しかし、個々にいくら素晴らしい技術力があっても、それを具体的な船としてまとめあげるのは、全く別の力が必要とされてくる。
ことに大和は、まさに誰も造った事の無い巨大戦艦であったから、現場は常に未知の領域と格闘し続けなければならなかった。
防御甲板だけをとっても、最大41㎝もある。こんな厚い鉄板をどうやってくっつけるのか?それだけでも大きな問題である。
まず、そんな厚さの鉄板を止めるリベットなど存在しない。しかも、甲板というのは、焼入れして硬くした鉄板であるため、溶接する事も出来ない。
熱を加えると、そこだけ弱くなってしまうからである。大和を造った職人達は、厚い鉄板を二枚つき合わせて、逆八の字型の溝を掘る。そこに八の字型の留め金を叩き込んで、固定していく。いわゆるホゾ繋ぎである。
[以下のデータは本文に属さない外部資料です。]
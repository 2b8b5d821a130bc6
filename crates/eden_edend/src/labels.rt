//! The labels of a script, and the ids that they are bound to.

ghost use Rattle.std.specs.Prelude.{◌≡◌, ◌∷◌, [], OnOk, OnErr, find, reverse};
ghost use Rattle.std.specs.Option.{option_copied};
ghost use Rattle.std.specs.FinMap as fin;
ghost use Rattle.std.specs.Map.{lookup};
ghost use Rattle.eden_ids.specs.Sameness.{same_id};
ghost use Rattle.eden_edend.specs.internal.Firsts.{IsNoted};
ghost use Rattle.eden_script.specs.Labels.{newest, bound, still_binds, label_of, is_id};

use eden_ids::Id;
use eden_script::{Binding, Label};
use indexmap::IndexMap;
use std::alloc::{AllocError, Global};
use std::collections::BTreeMap;
use std::marker::Model;

/// Maps each label to what it is bound to.
#[derive(Drop)]
struct Bound {
    ids: BTreeMap<Label, Id>,
}

impl Model for Bound {
    ghost use Rattle.std.specs.Coded.{coded_list, coded_ℕ};
    ghost use Rattle.std.specs.FinMap as fin;
    ghost use Rattle.eden_ids.specs.contracts.id.Id as id;
    ghost use Rattle.eden_edend.specs.internal.BoundMaps.{BoundMap};

    ghost Value = { BoundMap };

    ghost coded = { fin.code (coded_list coded_ℕ) id.the_row.coded };

    ghost view = { λ bound. fin.from_entries bound.ids.entries };
}

impl Bound {
    /// Makes a table that binds nothing.
    fn new(alloc: Global) -> Bound
        ensures { result ≡ fin.empty }
    {
        Bound {
            ids: BTreeMap::new(alloc),
        }
    }

    /// Returns the id that a label is bound to.
    fn get(&self, label: &Label) -> Option<&Id>
        ensures { option_copied result ≡ fin.get self.now label.now }
    {
        self.ids.get(label)
    }

    /// Binds a label to an id. If an allocation fails, nothing changes.
    fn insert(&mut self, label: Label, id: Id) -> Result<(), AllocError>
        ensures ok { OnOk result (self.new ≡ fin.insert self.old label id) }
        ensures err { OnErr result (self.new ≡ self.old) }
    {
        match self.ids.insert(label, id) {
            Ok(_) => {}
            Err(_) => return Err(AllocError),
        }
        Ok(())
    }
}

/// Finds the first binding to each id among those that were made.
#[derive(Drop)]
struct Firsts {
    places: IndexMap<Id, usize>,
}

impl Firsts {
    /// Makes a table that has no binding.
    fn new(alloc: Global) -> Firsts
        ensures { result.places.entries ≡ [] }
    {
        Firsts {
            places: IndexMap::new(alloc),
        }
    }

    /// Returns the place of the first binding to an id.
    fn get(&self, id: Id) -> Option<usize>
        ensures { result ≡ lookup (same_id id) self.now.places.entries }
    {
        match self.places.get(&id) {
            Some(at) => Some(*at),
            None => None,
        }
    }

    /// Notes the place of a binding to an id, unless an earlier one is noted.
    ///
    /// If an allocation fails, nothing is noted.
    fn note(&mut self, id: Id, at: usize) -> Result<(), AllocError>
        ensures ok { OnOk result (IsNoted self.old.places.entries self.new.places.entries id at) }
        ensures err { OnErr result (self.new.places.entries ≡ self.old.places.entries) }
    {
        if self.get(id).is_some() {
            return Ok(());
        }
        match self.places.insert(id, at) {
            Ok(_) => Ok(()),
            Err(_) => Err(AllocError),
        }
    }
}

/// Holds what each label of a script is bound to.
///
/// A look-up takes a time that grows with the logarithm of the number of bindings.
///
/// Its value is the list of the bindings that were made, the newest first.
#[derive(Drop)]
pub struct Labels {
    // The oldest first.
    made: Vec<Binding>,
    bound: Bound,
    firsts: Firsts,
}

impl Model for Labels {
    ghost use Rattle.std.specs.Prelude.{◌≡◌, List, reverse};
    ghost use Rattle.eden_script.specs.declared.label.Binding.{Binding};
    ghost use Rattle.eden_edend.specs.internal.BoundMaps.{bound_map};
    ghost use Rattle.eden_edend.specs.internal.Firsts.{AreFirsts};

    ghost Value = { List Binding };

    ghost view = { λ labels. reverse labels.made.items };

    ghost invariant = { λ labels. (labels.bound ≡ bound_map (reverse labels.made.items))
        × AreFirsts labels.firsts.places.entries labels.made.items };
}

/// Returns true if an id was found, and is this one.
fn is_id(found: Option<Id>, id: Id) -> bool
    ensures { result ≡ is_id found id }
{
    match found {
        Some(found) => found == id,
        None => false,
    }
}

impl Labels {
    /// Makes a table without bindings.
    ///
    /// Does not allocate.
    pub fn new(alloc: Global) -> Labels
        ensures { result ≡ [] }
    {
        Labels {
            made: Vec::new(alloc),
            bound: Bound::new(alloc),
            firsts: Firsts::new(alloc),
        }
    }

    /// Returns the id of the newest binding of a label.
    #[tactic(auto, using(crate::proofs::LabelLemmas::get_bound_map))]
    fn newest(&self, label: &Label) -> Option<Id>
        ensures { result ≡ newest self.now label.now }
    {
        match self.bound.get(label) {
            Some(id) => Some(*id),
            None => None,
        }
    }

    /// Returns what a label is bound to.
    ///
    /// The label `empty` is bound to the empty commit. Does not allocate.
    pub fn get(&self, label: &Label) -> Option<Id>
        ensures { result ≡ bound self.now label.now }
    {
        if label.is_empty() {
            Some(Id::ZERO)
        } else {
            self.newest(label)
        }
    }

    /// Binds a label to an id, from now on.
    ///
    /// A label that `Label::read_to_bind` read is not `empty`. For that one `get` returns the empty
    /// commit, whatever it is bound to.
    ///
    /// # Errors
    ///
    /// - `AllocError` if an allocation fails; nothing changes.
    #[tactic(auto, using(crate::proofs::LabelLemmas::bound_map_more, crate::proofs::LabelLemmas::reverse_one))]
    pub fn bind(&mut self, label: Label, id: Id) -> Result<(), AllocError>
        ensures binds { OnOk result (self.new ≡ record { label = label; id = id } ∷ self.old) }
        ensures unchanged { OnErr result (self.new ≡ self.old) }
    {
        let key = label.clone()?;
        self.made.reserve(1)?;
        self.firsts.note(id, self.made.len())?;
        self.bound.insert(key, id)?;
        self.made.push_reserved(Binding { label, id });
        Ok(())
    }

    /// Returns true if a binding to this id is its label's newest.
    fn still_binds(&self, binding: &Binding, id: Id) -> bool
        ensures { result ≡ still_binds self.now id binding.now }
    {
        binding.id == id && is_id(self.newest(&binding.label), id)
    }

    /// Returns the first binding to an id that still holds.
    #[tactic(auto, using(crate::proofs::LabelLemmas::turned_twice))]
    fn first_binding(&self, id: Id) -> Option<&Binding>
        ensures { option_copied result ≡ find (still_binds self.now id) (reverse self.now) }
    {
        match self.firsts.get(id) {
            Some(at) => self.made[at..]
                .iter()
                .find(|binding| self.still_binds(binding, id)),
            None => None,
        }
    }

    /// Returns the first label that was ever bound to an id and still is.
    ///
    /// The search begins at the first binding to the id. It goes on only if that label was bound to
    /// another id since. Does not allocate.
    pub fn first_bound(&self, id: Id) -> Option<&Label>
        ensures { option_copied result ≡ label_of self.now id }
    {
        match self.first_binding(id) {
            Some(binding) => Some(&binding.label),
            None => None,
        }
    }
}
しかも、文字通り水も漏らさぬ仕上がりでなければ、艦船が沈んでしまう。まさに船大工の職人芸である。
この職人芸という名の現場力があったからこそ、大和は図面から現実の世界に誕生する事が出来たと言っても過言ではない。
いくら図面上において優秀なスペックを持っていても、それを具現化する事が出来なければ、その図面は子供のお絵描きでしかない。日本の優秀な職人の力があったからこそ、当時世界最大を誇った、超ド級大型戦艦大和は誕生したのである。
最近海中で見つかった戦艦武蔵は、そんな職人技の結合体であることを、感じさせた。